• **Instructions for the task**
Below are entries; copy exactly the lines from the one with "fn lend(&self, hart: Hart)" through the one with "a stretch fits.", both included, and leave out the rest.

• **Extracted material**

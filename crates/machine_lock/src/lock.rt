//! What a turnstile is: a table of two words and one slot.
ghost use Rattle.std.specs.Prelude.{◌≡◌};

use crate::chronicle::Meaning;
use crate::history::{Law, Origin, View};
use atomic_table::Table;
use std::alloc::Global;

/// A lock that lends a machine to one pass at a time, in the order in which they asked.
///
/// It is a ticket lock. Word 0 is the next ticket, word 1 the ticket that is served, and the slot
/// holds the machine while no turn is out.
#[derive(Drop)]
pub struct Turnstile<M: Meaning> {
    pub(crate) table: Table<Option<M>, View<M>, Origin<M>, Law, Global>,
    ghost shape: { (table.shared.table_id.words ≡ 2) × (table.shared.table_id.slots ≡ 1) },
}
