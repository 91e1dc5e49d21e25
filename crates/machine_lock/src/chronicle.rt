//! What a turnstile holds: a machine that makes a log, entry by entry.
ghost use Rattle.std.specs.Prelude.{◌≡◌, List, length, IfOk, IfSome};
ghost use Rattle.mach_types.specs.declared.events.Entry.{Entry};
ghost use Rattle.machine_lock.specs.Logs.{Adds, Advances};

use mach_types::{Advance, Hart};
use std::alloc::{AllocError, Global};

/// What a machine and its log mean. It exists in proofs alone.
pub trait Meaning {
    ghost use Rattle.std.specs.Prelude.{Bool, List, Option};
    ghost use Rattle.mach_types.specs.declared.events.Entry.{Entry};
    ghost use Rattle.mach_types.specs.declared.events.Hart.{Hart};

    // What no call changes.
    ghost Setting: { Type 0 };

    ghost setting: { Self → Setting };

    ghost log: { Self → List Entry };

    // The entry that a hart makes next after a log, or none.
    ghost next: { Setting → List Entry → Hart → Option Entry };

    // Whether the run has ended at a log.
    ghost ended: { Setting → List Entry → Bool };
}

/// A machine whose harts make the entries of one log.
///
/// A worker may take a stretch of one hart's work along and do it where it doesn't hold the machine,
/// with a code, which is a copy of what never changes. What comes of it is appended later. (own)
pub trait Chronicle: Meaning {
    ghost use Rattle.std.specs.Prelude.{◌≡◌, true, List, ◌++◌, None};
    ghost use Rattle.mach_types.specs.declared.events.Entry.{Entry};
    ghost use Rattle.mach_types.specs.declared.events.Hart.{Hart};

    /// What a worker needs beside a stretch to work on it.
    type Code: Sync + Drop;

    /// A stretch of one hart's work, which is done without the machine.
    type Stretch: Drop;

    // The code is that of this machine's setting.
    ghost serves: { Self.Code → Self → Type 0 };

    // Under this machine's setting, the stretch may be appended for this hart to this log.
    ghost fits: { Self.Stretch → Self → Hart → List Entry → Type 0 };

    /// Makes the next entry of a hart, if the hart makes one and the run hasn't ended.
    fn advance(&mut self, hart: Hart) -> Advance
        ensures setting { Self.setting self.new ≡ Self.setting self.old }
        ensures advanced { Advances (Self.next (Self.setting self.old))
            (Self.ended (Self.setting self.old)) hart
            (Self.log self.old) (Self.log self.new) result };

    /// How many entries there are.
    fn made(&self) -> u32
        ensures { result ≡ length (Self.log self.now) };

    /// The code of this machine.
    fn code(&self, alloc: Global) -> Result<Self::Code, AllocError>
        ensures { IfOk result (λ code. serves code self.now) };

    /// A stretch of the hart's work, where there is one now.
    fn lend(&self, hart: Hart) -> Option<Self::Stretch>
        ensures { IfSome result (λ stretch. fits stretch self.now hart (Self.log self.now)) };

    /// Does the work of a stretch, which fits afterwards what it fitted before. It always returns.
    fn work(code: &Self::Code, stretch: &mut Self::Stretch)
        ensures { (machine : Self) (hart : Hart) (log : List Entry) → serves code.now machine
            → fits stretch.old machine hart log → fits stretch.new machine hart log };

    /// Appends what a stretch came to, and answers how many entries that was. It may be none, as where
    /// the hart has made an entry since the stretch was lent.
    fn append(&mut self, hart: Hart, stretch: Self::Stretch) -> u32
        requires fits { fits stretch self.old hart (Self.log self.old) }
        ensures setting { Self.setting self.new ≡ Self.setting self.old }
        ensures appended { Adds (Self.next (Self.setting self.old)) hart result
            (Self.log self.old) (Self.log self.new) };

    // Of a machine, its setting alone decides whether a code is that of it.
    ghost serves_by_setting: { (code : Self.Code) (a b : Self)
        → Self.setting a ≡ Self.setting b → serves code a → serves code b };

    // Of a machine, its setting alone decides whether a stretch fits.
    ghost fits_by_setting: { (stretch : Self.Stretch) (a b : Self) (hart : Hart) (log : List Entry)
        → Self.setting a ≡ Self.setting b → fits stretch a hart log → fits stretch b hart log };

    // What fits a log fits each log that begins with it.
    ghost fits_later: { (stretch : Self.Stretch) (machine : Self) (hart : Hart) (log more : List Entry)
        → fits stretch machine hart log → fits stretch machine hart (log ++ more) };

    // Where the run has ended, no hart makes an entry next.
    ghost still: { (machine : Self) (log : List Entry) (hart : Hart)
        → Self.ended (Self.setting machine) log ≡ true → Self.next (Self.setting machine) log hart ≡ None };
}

...

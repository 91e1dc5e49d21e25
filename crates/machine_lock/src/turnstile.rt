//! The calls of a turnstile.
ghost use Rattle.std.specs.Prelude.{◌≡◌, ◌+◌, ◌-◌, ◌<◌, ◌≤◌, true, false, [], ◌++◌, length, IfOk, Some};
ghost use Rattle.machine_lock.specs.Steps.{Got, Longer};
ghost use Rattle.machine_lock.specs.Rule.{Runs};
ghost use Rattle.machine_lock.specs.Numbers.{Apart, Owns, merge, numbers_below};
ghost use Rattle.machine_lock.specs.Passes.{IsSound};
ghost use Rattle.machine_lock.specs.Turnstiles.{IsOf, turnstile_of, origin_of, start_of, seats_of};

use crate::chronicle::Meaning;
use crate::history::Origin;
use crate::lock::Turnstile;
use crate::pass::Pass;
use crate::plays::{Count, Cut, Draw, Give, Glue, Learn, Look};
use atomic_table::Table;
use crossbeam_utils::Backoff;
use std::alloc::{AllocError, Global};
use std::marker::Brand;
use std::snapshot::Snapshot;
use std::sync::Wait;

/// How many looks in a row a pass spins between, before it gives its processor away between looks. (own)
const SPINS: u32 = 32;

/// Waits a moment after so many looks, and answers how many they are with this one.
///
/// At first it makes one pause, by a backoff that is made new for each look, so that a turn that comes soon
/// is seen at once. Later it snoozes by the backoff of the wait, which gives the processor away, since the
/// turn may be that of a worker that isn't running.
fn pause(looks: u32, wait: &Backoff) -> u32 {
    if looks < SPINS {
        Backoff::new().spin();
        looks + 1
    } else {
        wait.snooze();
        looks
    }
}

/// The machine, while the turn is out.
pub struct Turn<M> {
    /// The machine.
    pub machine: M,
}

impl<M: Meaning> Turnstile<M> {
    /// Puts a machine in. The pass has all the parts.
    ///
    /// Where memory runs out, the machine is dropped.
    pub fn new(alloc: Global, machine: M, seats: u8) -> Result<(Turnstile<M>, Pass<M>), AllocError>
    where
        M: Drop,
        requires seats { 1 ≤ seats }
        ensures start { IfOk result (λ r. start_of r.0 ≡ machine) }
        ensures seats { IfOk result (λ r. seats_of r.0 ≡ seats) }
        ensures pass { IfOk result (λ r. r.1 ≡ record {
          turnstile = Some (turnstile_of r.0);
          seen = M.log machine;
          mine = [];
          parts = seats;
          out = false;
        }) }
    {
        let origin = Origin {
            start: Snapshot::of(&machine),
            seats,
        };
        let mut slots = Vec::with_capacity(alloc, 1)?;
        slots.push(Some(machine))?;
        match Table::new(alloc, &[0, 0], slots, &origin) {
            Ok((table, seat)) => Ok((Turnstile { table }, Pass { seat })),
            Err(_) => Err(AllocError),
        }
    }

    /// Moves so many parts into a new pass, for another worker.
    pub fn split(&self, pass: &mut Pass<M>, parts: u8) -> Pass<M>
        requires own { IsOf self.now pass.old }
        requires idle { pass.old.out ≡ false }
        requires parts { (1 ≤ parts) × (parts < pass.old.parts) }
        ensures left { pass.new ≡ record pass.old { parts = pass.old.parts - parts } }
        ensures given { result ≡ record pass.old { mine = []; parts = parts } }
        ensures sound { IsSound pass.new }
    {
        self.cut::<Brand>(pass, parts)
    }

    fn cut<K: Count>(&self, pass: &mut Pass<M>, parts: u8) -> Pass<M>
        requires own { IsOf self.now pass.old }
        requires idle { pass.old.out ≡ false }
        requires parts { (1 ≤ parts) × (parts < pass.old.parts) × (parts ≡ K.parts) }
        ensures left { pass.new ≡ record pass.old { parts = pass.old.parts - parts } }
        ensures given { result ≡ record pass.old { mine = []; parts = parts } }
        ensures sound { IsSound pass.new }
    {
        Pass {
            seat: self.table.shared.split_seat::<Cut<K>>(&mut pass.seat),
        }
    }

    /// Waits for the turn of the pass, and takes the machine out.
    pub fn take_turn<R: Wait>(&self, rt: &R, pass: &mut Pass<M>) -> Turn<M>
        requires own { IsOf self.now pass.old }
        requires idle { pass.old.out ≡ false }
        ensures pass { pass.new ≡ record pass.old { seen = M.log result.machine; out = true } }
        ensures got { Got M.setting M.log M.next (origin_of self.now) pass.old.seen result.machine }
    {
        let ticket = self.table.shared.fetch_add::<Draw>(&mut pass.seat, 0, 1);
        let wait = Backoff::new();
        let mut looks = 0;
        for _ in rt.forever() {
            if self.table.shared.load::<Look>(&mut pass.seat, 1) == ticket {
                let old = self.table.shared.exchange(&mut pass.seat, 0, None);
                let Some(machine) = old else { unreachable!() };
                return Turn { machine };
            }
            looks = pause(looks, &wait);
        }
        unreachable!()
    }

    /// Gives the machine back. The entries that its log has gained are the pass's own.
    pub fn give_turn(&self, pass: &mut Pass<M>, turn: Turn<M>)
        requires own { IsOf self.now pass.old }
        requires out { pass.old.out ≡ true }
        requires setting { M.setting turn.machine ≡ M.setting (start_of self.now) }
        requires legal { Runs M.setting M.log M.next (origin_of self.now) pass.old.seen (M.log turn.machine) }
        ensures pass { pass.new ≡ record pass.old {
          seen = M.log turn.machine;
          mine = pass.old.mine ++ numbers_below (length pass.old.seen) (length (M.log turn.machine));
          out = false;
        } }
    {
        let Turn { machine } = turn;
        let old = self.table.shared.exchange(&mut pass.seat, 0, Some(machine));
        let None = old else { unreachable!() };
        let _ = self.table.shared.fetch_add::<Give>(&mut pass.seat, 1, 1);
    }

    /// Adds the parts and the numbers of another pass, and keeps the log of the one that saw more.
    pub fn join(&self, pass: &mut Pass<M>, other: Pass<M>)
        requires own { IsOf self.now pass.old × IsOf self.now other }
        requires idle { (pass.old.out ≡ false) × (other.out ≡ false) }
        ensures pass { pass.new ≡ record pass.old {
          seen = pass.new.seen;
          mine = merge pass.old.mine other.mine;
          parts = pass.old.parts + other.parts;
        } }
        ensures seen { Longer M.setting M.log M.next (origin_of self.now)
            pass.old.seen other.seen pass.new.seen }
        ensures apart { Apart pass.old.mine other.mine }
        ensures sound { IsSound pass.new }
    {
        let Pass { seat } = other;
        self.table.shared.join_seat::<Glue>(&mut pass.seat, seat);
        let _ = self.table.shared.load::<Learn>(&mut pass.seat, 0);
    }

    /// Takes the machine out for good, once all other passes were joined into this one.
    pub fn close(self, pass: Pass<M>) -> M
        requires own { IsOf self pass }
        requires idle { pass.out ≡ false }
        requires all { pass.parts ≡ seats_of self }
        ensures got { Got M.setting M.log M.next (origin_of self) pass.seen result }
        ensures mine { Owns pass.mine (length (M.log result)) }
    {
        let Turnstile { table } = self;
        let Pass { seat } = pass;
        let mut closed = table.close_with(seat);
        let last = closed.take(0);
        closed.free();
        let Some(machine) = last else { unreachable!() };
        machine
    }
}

• **Your response**
    fn lend(&self, hart: Hart) -> Option<Self::Stretch>
        ensures { IfSome result (λ stretch. fits stretch self.now hart (Self.log self.now)) };

    /// Does the work of a stretch, which fits afterwards what it fitted before. It always returns.
    fn work(code: &Self::Code, stretch: &mut Self::Stretch)
        ensures { (machine : Self) (hart : Hart) (log : List Entry) → serves code.now machine
            → fits stretch.old machine hart log → fits stretch.new machine hart log };

    /// Appends what a stretch came to, and answers how many entries that was. It may be none, as where
    /// the hart has made an entry since the stretch was lent.
    fn append(&mut self, hart: Hart, stretch: Self::Stretch) -> u32
        requires fits { fits stretch self.old hart (Self.log self.old) }
        ensures setting { Self.setting self.new ≡ Self.setting self.old }
        ensures appended { Adds (Self.next (Self.setting self.old)) hart result
            (Self.log self.old) (Self.log self.new) };

    // Of a machine, its setting alone decides whether a code is that of it.
    ghost serves_by_setting: { (code : Self.Code) (a b : Self)
        → Self.setting a ≡ Self.setting b → serves code a → serves code b };

    // Of a machine, its setting alone decides whether a stretch fits.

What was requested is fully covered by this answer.